*** Opening GIVEN RECORDS ***

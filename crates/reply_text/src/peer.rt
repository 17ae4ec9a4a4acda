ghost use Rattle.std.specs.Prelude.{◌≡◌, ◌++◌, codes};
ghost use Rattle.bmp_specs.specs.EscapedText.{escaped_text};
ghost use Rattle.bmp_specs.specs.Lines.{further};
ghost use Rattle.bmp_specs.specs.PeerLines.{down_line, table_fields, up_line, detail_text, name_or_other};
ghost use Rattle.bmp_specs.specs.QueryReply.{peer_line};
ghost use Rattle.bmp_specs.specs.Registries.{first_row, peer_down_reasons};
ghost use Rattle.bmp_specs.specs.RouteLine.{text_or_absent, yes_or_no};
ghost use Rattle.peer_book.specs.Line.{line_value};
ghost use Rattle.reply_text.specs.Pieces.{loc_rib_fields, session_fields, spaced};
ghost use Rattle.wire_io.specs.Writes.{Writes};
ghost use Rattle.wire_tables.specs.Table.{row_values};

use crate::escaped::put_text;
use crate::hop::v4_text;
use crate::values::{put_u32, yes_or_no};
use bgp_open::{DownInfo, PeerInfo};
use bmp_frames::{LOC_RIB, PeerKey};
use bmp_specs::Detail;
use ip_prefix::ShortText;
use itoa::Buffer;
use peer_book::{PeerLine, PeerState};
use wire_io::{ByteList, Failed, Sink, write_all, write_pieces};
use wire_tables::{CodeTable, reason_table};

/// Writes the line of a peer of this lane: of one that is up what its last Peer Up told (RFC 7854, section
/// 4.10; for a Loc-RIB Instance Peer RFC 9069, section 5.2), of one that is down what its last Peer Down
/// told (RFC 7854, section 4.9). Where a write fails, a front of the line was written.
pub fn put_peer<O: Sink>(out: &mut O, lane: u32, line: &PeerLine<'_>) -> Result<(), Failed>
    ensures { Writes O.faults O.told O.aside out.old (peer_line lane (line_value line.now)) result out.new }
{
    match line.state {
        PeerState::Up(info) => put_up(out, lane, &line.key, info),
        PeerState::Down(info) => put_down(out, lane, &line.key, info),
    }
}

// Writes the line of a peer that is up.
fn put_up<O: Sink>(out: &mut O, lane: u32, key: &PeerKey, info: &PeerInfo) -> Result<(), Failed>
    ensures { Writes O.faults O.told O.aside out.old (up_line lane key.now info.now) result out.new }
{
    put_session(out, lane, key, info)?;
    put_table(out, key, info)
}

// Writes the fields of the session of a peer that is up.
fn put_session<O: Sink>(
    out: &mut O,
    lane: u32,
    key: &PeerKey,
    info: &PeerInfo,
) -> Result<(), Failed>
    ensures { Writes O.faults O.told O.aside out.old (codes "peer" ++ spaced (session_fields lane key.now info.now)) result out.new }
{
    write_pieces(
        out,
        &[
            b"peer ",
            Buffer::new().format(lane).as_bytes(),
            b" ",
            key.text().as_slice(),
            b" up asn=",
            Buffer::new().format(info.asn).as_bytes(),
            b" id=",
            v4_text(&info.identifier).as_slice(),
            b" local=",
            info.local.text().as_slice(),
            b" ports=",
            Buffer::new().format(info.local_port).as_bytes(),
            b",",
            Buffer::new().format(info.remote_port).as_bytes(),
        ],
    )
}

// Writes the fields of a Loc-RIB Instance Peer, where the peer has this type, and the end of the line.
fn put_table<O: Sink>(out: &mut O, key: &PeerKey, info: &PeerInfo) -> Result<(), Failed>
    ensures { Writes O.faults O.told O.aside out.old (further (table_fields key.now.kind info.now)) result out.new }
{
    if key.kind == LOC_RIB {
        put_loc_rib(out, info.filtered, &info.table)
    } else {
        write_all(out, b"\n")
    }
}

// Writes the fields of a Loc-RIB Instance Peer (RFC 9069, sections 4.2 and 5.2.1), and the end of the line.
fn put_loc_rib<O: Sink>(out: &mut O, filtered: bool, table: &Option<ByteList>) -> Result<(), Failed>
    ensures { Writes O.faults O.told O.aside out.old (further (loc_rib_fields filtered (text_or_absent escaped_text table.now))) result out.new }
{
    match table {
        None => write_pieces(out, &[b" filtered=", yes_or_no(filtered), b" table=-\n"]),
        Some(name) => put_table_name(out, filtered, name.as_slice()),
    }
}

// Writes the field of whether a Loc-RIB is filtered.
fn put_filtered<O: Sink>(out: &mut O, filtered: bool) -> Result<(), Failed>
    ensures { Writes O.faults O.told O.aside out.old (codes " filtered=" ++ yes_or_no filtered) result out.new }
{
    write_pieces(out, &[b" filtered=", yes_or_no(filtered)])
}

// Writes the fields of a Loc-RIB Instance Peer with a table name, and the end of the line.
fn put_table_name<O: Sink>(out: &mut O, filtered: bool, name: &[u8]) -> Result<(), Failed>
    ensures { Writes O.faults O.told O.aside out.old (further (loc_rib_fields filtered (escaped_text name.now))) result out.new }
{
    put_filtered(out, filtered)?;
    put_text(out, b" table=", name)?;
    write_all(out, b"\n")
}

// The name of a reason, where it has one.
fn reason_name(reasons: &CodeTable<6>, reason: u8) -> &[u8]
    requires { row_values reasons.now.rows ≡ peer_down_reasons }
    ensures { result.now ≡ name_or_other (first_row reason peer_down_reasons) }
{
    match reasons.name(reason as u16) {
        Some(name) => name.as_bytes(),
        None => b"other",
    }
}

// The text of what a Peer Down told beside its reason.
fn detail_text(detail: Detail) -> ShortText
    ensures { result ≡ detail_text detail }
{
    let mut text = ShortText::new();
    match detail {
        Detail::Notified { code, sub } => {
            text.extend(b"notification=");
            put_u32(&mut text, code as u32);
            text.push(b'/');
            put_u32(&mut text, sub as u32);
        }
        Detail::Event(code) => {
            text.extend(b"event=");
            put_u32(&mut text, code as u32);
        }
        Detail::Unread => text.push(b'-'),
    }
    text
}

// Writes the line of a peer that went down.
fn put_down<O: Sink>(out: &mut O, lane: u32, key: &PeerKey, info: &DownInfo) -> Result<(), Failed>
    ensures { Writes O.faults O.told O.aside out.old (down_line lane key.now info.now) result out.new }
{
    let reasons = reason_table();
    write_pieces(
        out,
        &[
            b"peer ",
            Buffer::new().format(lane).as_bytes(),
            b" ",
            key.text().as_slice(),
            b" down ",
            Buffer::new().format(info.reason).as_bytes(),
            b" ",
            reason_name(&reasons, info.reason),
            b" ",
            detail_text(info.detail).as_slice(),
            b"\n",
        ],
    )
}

*** Closing GIVEN RECORDS ***

REQUIRED WORK ->
Would you please transcribe the records above in full and exactly?

WRITTEN REPLY ->
filename crates/reply_text/src/peer.rt
repository 17ae4ec9a4a4acda
ghost use Rattle.std.specs.Prelude.{◌≡◌, ◌++◌, codes};
ghost use Rattle.bmp_specs.specs.EscapedText.{escaped_text};
ghost use Rattle.bmp_specs.specs.Lines.{further};
ghost use Rattle.bmp_specs.specs.PeerLines.{down_line, table_fields, up_line, detail_text, name_or_other};
ghost use Rattle.bmp_specs.specs.QueryReply.{peer_line};
ghost use Rattle.bmp_specs.specs.Registries.{first_row, peer_down_reasons};
ghost use Rattle.bmp_specs.specs.RouteLine.{text_or_absent, yes_or_no};
ghost use Rattle.peer_book.specs.Line.{line_value};
ghost use Rattle.reply_text.specs.Pieces.{loc_rib_fields, session_fields, spaced};
ghost use Rattle.wire_io.specs.Writes.{Writes};
ghost use Rattle.wire_tables.specs.Table.{row_values};

use crate::escaped::put_text;
use crate::hop::v4_text;
use crate::values::{put_u32, yes_or_no};
use bgp_open::{DownInfo, PeerInfo};
use bmp_frames::{LOC_RIB, PeerKey};
use bmp_specs::Detail;
use ip_prefix::ShortText;
use itoa::Buffer;
use peer_book::{PeerLine, PeerState};
use wire_io::{ByteList, Failed, Sink, write_all, write_pieces};
use wire_tables::{CodeTable, reason_table};

/// Writes the line of a peer of this lane: of one that is up what its last Peer Up told (RFC 7854, section
/// 4.10; for a Loc-RIB Instance Peer RFC 9069, section 5.2), of one that is down what its last Peer Down
/// told (RFC 7854, section 4.9). Where a write fails, a front of the line was written.
pub fn put_peer<O: Sink>(out: &mut O, lane: u32, line: &PeerLine<'_>) -> Result<(), Failed>
    ensures { Writes O.faults O.told O.aside out.old (peer_line lane (line_value line.now)) result out.new }
{
    match line.state {
        PeerState::Up(info) => put_up(out, lane, &line.key, info),
        PeerState::Down(info) => put_down(out, lane, &line.key, info),
    }
}

// Writes the line of a peer that is up.
fn put_up<O: Sink>(out: &mut O, lane: u32, key: &PeerKey, info: &PeerInfo) -> Result<(), Failed>
    ensures { Writes O.faults O.told O.aside out.old (up_line lane key.now info.now) result out.new }
{
    put_session(out, lane, key, info)?;
    put_table(out, key, info)
}

// Writes the fields of the session of a peer that is up.
fn put_session<O: Sink>(
    out: &mut O,
    lane: u32,
    key: &PeerKey,
    info: &PeerInfo,
) -> Result<(), Failed>
    ensures { Writes O.faults O.told O.aside out.old (codes "peer" ++ spaced (session_fields lane key.now info.now)) result out.new }
{
    write_pieces(
        out,
        &[
            b"peer ",
            Buffer::new().format(lane).as_bytes(),
            b" ",
            key.text().as_slice(),
            b" up asn=",
            Buffer::new().format(info.asn).as_bytes(),
            b" id=",
            v4_text(&info.identifier).as_slice(),
            b" local=",
            info.local.text().as_slice(),
            b" ports=",
            Buffer::new().format(info.local_port).as_bytes(),
            b",",
            Buffer::new().format(info.remote_port).as_bytes(),
        ],
    )
}

// Writes the fields of a Loc-RIB Instance Peer, where the peer has this type, and the end of the line.
fn put_table<O: Sink>(out: &mut O, key: &PeerKey, info: &PeerInfo) -> Result<(), Failed>
    ensures { Writes O.faults O.told O.aside out.old (further (table_fields key.now.kind info.now)) result out.new }
{
    if key.kind == LOC_RIB {
        put_loc_rib(out, info.filtered, &info.table)
    } else {
        write_all(out, b"\n")
    }
}

// Writes the fields of a Loc-RIB Instance Peer (RFC 9069, sections 4.2 and 5.2.1), and the end of the line.
fn put_loc_rib<O: Sink>(out: &mut O, filtered: bool, table: &Option<ByteList>) -> Result<(), Failed>
    ensures { Writes O.faults O.told O.aside out.old (further (loc_rib_fields filtered (text_or_absent escaped_text table.now))) result out.new }
{
    match table {
        None => write_pieces(out, &[b" filtered=", yes_or_no(filtered), b" table=-\n"]),
        Some(name) => put_table_name(out, filtered, name.as_slice()),
    }
}

// Writes the field of whether a Loc-RIB is filtered.
fn put_filtered<O: Sink>(out: &mut O, filtered: bool) -> Result<(), Failed>
    ensures { Writes O.faults O.told O.aside out.old (codes " filtered=" ++ yes_or_no filtered) result out.new }
{
    write_pieces(out, &[b" filtered=", yes_or_no(filtered)])
}

// Writes the fields of a Loc-RIB Instance Peer with a table name, and the end of the line.
fn put_table_name<O: Sink>(out: &mut O, filtered: bool, name: &[u8]) -> Result<(), Failed>
    ensures { Writes O.faults O.told O.aside out.old (further (loc_rib_fields filtered (escaped_text name.now))) result out.new }
{
    put_filtered(out, filtered)?;
    put_text(out, b" table=", name)?;
    write_all(out, b"\n")
}

// The name of a reason, where it has one.
fn reason_name(reasons: &CodeTable<6>, reason: u8) -> &[u8]
    requires { row_values reasons.now.rows ≡ peer_down_reasons }
    ensures { result.now ≡ name_or_other (first_row reason peer_down_reasons) }
{
    match reasons.name(reason as u16) {
        Some(name) => name.as_bytes(),
        None => b"other",
    }
}

// The text of what a Peer Down told beside its reason.
fn detail_text(detail: Detail) -> ShortText
    ensures { result ≡ detail_text detail }
{
    let mut text = ShortText::new();
    match detail {
        Detail::Notified { code, sub } => {
            text.extend(b"notification=");
            put_u32(&mut text, code as u32);
            text.push(b'/');
            put_u32(&mut text, sub as u32);
        }
        Detail::Event(code) => {
            text.extend(b"event=");
            put_u32(&mut text, code as u32);
        }
        Detail::Unread => text.push(b'-'),
    }
    text
}

// Writes the line of a peer that went down.
fn put_down<O: Sink>(out: &mut O, lane: u32, key: &PeerKey, info: &DownInfo) -> Result<(), Failed>
    ensures { Writes O.faults O.told O.aside out.old (down_line lane key.now info.now) result out.new }
{
    let reasons = reason_table();
    write_pieces(
        out,
        &[
            b"peer ",
            Buffer::new().format(lane).as_bytes(),
            b" ",
            key.text().as_slice(),
            b" down ",
            Buffer::new().format(info.reason).as_bytes(),
            b" ",
            reason_name(&reasons, info.reason),
            b" ",
            detail_text(info.detail).as_slice(),
            b"\n",
        ],
    )
}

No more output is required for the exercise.